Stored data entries
+--
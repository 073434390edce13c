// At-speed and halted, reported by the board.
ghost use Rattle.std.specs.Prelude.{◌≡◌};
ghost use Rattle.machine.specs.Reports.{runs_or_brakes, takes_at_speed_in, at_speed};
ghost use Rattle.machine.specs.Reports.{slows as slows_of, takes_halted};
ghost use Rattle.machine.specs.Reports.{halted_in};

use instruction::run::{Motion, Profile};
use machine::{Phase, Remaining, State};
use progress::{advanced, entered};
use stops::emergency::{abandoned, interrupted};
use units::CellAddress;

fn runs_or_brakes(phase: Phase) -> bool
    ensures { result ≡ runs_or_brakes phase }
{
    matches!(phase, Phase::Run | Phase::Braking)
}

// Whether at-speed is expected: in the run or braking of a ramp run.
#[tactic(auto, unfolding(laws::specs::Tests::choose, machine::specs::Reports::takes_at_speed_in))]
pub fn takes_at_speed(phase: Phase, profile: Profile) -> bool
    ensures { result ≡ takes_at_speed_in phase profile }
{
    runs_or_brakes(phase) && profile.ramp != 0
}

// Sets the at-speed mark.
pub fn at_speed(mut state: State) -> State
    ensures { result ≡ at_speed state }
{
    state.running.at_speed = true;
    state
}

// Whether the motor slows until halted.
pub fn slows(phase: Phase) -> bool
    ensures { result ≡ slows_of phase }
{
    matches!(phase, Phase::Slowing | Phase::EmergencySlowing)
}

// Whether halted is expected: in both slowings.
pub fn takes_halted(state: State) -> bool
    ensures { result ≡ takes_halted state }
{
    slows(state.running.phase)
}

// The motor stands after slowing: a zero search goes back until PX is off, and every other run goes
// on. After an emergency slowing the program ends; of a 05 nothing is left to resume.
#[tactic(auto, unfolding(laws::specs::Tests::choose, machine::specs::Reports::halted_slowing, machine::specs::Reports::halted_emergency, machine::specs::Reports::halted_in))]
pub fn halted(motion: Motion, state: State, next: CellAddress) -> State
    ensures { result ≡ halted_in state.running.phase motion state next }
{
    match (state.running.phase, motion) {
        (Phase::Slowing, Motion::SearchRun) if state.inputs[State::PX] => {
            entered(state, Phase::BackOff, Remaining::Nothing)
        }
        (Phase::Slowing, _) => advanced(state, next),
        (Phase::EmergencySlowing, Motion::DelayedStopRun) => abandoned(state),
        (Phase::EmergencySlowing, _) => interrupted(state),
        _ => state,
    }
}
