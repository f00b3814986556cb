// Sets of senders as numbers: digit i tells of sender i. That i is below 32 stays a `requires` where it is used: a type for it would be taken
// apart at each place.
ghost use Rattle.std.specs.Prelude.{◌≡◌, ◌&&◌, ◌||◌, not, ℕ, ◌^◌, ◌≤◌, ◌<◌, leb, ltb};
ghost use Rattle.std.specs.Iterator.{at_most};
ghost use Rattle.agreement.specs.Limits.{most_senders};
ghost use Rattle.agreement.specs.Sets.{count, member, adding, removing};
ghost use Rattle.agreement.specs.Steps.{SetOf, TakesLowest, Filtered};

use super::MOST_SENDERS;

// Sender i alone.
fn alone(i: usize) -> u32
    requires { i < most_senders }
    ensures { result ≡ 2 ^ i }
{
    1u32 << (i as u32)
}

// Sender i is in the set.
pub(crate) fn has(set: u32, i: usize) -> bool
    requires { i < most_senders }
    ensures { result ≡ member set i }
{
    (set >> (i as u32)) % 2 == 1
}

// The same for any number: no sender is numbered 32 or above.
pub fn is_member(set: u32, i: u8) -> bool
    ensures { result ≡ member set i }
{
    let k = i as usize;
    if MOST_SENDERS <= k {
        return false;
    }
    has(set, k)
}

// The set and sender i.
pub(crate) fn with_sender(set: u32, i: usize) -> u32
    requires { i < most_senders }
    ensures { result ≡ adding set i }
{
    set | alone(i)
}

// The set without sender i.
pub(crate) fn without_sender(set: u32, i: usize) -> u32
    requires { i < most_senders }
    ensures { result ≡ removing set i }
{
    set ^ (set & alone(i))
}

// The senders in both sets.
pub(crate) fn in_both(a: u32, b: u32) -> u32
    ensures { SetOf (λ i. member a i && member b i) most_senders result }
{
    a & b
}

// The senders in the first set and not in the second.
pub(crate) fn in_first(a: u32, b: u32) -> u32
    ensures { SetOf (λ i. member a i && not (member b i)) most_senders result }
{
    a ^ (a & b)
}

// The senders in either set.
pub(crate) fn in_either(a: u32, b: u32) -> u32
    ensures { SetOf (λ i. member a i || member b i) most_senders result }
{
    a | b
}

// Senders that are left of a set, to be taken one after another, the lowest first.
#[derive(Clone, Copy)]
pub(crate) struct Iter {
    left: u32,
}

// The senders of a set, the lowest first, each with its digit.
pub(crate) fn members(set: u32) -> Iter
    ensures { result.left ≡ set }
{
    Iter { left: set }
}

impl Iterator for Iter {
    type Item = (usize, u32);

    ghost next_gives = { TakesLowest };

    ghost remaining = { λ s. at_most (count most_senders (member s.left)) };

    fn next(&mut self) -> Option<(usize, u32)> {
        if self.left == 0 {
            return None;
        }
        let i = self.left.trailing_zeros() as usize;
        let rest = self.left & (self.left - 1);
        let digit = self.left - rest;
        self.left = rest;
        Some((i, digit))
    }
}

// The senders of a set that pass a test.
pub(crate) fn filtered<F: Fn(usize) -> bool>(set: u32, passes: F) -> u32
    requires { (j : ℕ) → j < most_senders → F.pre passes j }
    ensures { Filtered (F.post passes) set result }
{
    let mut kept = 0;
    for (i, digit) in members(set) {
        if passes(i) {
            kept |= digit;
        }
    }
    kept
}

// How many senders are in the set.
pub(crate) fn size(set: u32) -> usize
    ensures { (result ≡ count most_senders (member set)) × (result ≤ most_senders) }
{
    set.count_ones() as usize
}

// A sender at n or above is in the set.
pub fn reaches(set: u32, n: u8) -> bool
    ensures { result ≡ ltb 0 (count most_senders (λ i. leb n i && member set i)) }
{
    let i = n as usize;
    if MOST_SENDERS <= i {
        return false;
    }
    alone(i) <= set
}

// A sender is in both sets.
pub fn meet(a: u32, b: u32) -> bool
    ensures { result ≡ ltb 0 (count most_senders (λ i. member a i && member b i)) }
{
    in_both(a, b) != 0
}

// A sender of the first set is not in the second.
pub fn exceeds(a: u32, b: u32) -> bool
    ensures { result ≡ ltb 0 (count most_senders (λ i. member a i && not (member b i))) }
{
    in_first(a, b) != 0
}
+--
» **What to work on**
Your answer must be the line containing "(member b i)))" and every line after it through the end of the records above, reproduced exactly and alone.

» **Reply**
    ensures { result ≡ ltb 0 (count most_senders (λ i. member a i && not (member b i))) }
{
    in_first(a, b) != 0
}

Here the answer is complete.